The nouveau effeminate Bengali man is no comparison to the classic bhadralok from the nicotine and cinema-laced days of Satyajit Ray

The late 1960s was the last time a virile Bengali man was seen on the face of the earth. Coffee House in Kolkata had its own ozone layer of smoke from the hundreds of Charminars puffed in an attempt to answer life’s metaphysical questions. Joining Presidency College was the epitome of this intellectual life. Men would recite lines out of a Pablo Neruda poem at the drop of a hat and apparently Mary Jane wasn’t that popular. The last hunk from the community I have met was my father, whose friend was a model for Charminar in the 1980s. Back in the day, 17-year-olds listened to lectures that changed their lives, made them pack bags and lead political movements or maybe just simply spend endless hours at Coffee House discussing literature. Over-milked tea carried on through generations as the evolution of the Bengali men took a massive beating. They learned to play the guitar and God forbid, discovered Pink Floyd. Today, statistically you cannot meet a Bengali man in his late 20s who hasn’t spent his teens adulating the ‘gods of classic rock’ but clearly that didn’t make rockstars out of them. They discovered everything else that comes with the music, namely Mary Jane and jam sessions but they broke their relationship with virility completely somewhere on the way.

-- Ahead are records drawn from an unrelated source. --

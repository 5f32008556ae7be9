//! What the lines behind `live` are judged by, as a set says it.
ghost use Rattle.std.specs.Prelude.{◌≡◌, ◌≤◌, length, sum_by, IfOk};
ghost use Rattle.raw_model.specs.Program.{PortProgram};
ghost use Rattle.raw_model.specs.declared.limits.TheConstants.{MAX_ALL_WORDS};
ghost use Rattle.raw_live.specs.Judging.{IsIntakeOf};

use raw_grid::{PortPlace, Topo};
use raw_live_text::Intake;
use raw_model::limits::MAX_ALL_WORDS;
use raw_model::{PortProg, Set};
use std::alloc::{AllocError, Global};

// How many words all ports have together.
fn count_words(ports: &[PortProg]) -> u32
    requires { sum_by (λ (port : PortProgram). length port.words) ports.now ≤ MAX_ALL_WORDS }
    ensures { result ≡ sum_by (λ (port : PortProgram). length port.words) ports.now }
{
    let mut count = 0;
    for port in ports {
        count += port.words.len() as u32;
    }
    count
}

// The places of the ports, in the order of their numbers.
#[tactic(auto, using(crate::proofs::Places::place_more))]
fn places_of(alloc: Global, topo: &Topo) -> Result<Vec<PortPlace>, AllocError>
    ensures { IfOk result (λ places. places.items ≡ topo.now.places) }
{
    let mut places = Vec::new(alloc);
    for port in 0..topo.ports() {
        if places.push(topo.place_of(port)).is_err() {
            return Err(AllocError);
        }
    }
    Ok(places)
}

/// What the lines behind `live` are judged by, of which the first has this number: the ports of the set, and how many
/// words it may still be given.
pub fn intake_of(alloc: Global, set: &Set, line: u32) -> Result<Intake, AllocError>
    ensures intake { IfOk result (IsIntakeOf set.now) }
    ensures line { IfOk result (λ intake. intake.line ≡ line) }
{
    let places = places_of(alloc, &set.topo)?;
    Ok(Intake {
        places,
        first_port: set.topo.procs() - set.topo.ports(),
        room: MAX_ALL_WORDS - count_words(&set.ports),
        line,
    })
}
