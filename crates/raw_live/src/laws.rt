//! The laws of items. Each function does nothing of its own: its contract is the law.
ghost use Rattle.std.specs.Prelude.{◌≡◌, ℕ, ◌^◌, ◌<◌, true, false, List, [], ◌++◌};
ghost use Rattle.raw_network.specs.Laws.{IsPrefix};
ghost use Rattle.raw_model.specs.Program.{ProgramSet, IsSet};
ghost use Rattle.raw_model.specs.Rest.{end, IsRun};
ghost use Rattle.raw_queue.specs.declared.item.Item.{Item};
ghost use Rattle.raw_live_text.specs.Feeding.{BeginsItems};
ghost use Rattle.raw_live.specs.Engine.{got_at, with_items, AreSets};
ghost use Rattle.raw_live.specs.Due.{rest_of, live_items};
ghost use Rattle.raw_live.specs.Items.{words_at, has_end, got_text};
ghost use Rattle.raw_model.specs.declared.ending.Ending.{Ending};
ghost use Rattle.raw_live.specs.Ending.{rest_text};
ghost use Rattle.raw_live.specs.Gots.{gots, AreSmall};

/// What was taken of a queue is a prefix of what was put there.
pub fn law_taken()
    // So the lines of what was taken begin those of what was put,
    ensures front { (put taken rest : List Item) → put ≡ taken ++ rest → IsPrefix (got_text taken) (got_text put) }
    // and are all of them where the end was taken.
    ensures whole { (put taken rest : List Item) → put ≡ taken ++ rest → has_end taken ≡ true →
        got_text put ≡ got_text taken }
{}

/// What comes out of a set that is fed words, by what its sinks have at rest.
pub fn law_due()
    // Each lawful list of steps that comes to rest ends where the text says.
    ensures rest { (set : ProgramSet) (h : List ℕ) → IsSet set → IsRun set h → end set h ≡ rest_of set }
    // All that a sink has at the rest of the set with the words comes out, in order, and nothing else.
    ensures says { (set : ProgramSet) (words : List Item) (p : ℕ) → AreSets set words →
        words_at p (live_items set words) ≡ got_at (rest_of (with_items set words)) p }
    ensures small { (set : ProgramSet) (words : List Item) → AreSets set words → AreSmall (live_items set words) }
    // What comes out of a front of the words comes first.
    ensures front { (set : ProgramSet) (front back : List Item) → has_end front ≡ false →
        BeginsItems (live_items set front) (live_items set (front ++ back)) }
{}

/// What a text says of the words that a sink received, by its whole lines `got P w`.
pub fn law_gots()
    // The lines of items say the words of the items for each port, and what stands behind them is read by itself.
    ensures items { (port : ℕ) (items : List Item) (rest : List ℕ) → port < 2 ^ 32 → AreSmall items →
        gots (got_text items ++ rest) port ≡ words_at port items ++ gots rest port }
    // The last line says nothing of words.
    ensures rest { (port : ℕ) (ending : Ending) → gots (rest_text ending) port ≡ [] }
    // A front of a text says a front of that; a line that was cut says nothing.
    ensures front { (port : ℕ) (front rest : List ℕ) → IsPrefix (gots front port) (gots (front ++ rest) port) }
{}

Today a get-together in Kolkata ushers in a gathering of male and female counterparts of our generation; twenty-something-year-olds meeting over a few drinks, a lot of cigarettes and some unforgettable Mary Jane. The female voices dwindle and the male laughter resonates through the old stone staircases and the teakwood beams. There are never more than two topics in discussion, Dada and Mithun-Da. The former stands for Sourav Ganguly whose name makes any modern Bengali man misty-eyed out of adulation and the latter is the quintessential disco dancer now turned Bengal’s Rajnikanth. Sometimes a stray mention of Ray’s movies brings forth a four minute dialogue quickly broken off by a gesticulating review of Ganguly’s new TV show. With discussions such as these, there is no place for literature, only Pink Floyd. Scowling at modern music, live bands and any other language besides Bengali, this prototype has re-established the love story with food. Double egg chicken roll, lebu cha (lemon tea), Sunday mutton lunches and chingri (prawns). The gastronomical love affair is always followed by a siesta, because the sun is too hot for their pot bellies and receding hairlines. Visually men and women from the community strangely seem to belong to different races, another reason we can’t base relationships on the laws of attraction in the former’s case. Already if you are cringing at the thought of these men turning into lean, mean, love machines, I will ask you to not stop cringing. They are neither lean nor mean and frighteningly effeminate. What is left of the intellectualism is the word pseudo and of maschimo? Nothing, nothing at all.